## Work instructions
Keep only the lines of the data below that contain "returns", and copy them.

## Supplied data
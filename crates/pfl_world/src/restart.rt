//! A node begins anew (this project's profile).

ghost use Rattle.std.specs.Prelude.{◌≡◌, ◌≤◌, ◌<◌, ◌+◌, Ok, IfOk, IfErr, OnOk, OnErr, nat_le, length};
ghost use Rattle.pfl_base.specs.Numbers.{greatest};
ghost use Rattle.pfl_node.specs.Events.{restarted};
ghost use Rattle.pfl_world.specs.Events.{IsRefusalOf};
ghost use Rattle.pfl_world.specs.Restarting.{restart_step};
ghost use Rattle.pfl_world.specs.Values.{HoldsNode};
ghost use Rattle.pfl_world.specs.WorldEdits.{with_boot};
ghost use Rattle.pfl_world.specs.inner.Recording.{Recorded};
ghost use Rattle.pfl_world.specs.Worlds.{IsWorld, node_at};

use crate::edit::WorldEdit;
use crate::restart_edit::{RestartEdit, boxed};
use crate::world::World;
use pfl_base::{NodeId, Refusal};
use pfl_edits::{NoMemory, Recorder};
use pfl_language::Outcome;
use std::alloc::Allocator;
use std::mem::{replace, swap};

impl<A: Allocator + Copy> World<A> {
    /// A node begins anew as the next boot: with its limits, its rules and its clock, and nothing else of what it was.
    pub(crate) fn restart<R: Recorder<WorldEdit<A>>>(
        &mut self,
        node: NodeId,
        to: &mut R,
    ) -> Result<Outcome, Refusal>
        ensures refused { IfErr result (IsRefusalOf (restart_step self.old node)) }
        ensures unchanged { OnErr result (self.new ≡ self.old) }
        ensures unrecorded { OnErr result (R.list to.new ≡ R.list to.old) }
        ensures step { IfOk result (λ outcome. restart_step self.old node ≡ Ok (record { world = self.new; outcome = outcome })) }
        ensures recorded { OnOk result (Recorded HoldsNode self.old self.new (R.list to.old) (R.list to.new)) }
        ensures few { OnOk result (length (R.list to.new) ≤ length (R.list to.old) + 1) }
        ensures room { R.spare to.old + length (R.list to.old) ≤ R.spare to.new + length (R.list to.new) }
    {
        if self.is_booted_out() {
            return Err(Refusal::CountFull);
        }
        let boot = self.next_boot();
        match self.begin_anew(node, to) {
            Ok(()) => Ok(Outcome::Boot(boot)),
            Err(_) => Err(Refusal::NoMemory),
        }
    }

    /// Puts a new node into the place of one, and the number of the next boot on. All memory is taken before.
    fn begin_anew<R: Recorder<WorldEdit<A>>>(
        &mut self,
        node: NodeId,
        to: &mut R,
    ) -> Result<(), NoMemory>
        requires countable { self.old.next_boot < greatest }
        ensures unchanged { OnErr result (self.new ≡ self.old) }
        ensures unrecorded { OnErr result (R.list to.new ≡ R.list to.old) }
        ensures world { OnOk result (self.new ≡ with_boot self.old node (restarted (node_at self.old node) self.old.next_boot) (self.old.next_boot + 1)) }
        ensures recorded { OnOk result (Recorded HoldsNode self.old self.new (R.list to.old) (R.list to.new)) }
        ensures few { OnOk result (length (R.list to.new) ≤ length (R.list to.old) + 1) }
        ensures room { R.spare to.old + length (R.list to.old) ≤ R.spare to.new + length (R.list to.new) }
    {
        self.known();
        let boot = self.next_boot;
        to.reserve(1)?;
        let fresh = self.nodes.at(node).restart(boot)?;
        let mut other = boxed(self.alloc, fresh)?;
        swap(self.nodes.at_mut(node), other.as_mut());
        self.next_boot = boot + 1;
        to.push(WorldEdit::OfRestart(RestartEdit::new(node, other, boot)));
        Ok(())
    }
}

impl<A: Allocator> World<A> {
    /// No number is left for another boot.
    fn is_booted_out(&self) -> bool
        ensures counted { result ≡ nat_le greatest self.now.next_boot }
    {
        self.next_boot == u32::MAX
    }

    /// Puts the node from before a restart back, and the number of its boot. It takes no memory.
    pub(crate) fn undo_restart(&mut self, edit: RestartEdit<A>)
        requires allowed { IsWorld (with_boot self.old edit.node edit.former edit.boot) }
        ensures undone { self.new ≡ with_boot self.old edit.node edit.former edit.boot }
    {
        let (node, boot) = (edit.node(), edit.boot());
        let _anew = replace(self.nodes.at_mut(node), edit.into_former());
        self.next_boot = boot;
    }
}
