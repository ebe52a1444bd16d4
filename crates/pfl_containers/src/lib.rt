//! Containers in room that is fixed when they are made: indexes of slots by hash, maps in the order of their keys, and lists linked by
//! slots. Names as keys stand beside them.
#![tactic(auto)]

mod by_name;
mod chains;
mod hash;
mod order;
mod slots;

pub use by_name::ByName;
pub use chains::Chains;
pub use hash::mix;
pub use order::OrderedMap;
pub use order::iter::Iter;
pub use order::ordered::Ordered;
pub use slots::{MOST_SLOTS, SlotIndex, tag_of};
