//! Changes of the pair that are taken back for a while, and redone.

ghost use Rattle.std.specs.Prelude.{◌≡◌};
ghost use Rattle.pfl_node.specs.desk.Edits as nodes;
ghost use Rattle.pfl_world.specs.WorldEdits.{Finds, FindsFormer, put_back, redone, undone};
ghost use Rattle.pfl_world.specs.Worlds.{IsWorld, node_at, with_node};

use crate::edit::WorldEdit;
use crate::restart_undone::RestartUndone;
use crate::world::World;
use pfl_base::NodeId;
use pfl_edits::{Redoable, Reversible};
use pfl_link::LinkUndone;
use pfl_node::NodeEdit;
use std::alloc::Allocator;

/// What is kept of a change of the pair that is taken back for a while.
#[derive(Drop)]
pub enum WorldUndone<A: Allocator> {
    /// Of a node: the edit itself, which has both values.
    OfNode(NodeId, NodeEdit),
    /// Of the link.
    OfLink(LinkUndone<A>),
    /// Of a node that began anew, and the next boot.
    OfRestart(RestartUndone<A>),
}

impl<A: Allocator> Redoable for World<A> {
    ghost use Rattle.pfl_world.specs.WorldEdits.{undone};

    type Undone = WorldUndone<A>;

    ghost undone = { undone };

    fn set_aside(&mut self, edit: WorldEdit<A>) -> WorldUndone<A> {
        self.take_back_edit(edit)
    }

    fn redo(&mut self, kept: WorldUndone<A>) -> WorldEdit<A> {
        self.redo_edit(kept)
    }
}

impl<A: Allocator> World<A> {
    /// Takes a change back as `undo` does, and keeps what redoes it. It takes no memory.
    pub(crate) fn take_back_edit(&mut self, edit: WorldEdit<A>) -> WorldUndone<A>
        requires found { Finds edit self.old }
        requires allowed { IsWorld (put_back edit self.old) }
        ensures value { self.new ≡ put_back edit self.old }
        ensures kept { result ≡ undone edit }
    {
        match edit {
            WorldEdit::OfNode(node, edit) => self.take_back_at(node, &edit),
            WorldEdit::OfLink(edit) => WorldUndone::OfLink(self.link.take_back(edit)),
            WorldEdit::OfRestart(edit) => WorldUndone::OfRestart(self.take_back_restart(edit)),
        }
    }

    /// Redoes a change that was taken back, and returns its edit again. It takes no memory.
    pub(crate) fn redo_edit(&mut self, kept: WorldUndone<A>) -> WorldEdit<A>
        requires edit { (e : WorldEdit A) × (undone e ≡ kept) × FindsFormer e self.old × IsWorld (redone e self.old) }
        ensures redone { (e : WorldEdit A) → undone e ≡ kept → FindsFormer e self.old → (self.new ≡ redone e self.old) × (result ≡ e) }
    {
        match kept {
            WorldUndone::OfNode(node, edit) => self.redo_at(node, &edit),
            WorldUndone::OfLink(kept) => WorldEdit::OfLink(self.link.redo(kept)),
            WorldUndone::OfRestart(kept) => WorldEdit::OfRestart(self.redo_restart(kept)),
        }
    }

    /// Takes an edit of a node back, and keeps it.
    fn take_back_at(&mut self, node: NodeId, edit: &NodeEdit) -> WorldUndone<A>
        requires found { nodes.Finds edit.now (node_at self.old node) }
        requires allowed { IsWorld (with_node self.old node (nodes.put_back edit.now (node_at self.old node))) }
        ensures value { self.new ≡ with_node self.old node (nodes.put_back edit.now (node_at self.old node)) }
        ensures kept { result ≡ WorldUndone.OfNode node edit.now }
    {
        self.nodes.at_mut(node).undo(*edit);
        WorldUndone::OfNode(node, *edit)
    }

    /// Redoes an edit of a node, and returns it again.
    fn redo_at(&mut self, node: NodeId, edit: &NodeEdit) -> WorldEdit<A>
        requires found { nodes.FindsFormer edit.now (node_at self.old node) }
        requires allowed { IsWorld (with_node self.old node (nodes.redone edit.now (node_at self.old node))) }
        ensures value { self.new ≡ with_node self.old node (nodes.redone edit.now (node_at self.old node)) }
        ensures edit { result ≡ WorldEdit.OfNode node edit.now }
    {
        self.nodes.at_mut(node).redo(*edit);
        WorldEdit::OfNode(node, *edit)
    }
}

## Answer to the exercise
    /// Redoes a change that was taken back, and returns its edit again. It takes no memory.
    /// Redoes an edit of a node, and returns it again.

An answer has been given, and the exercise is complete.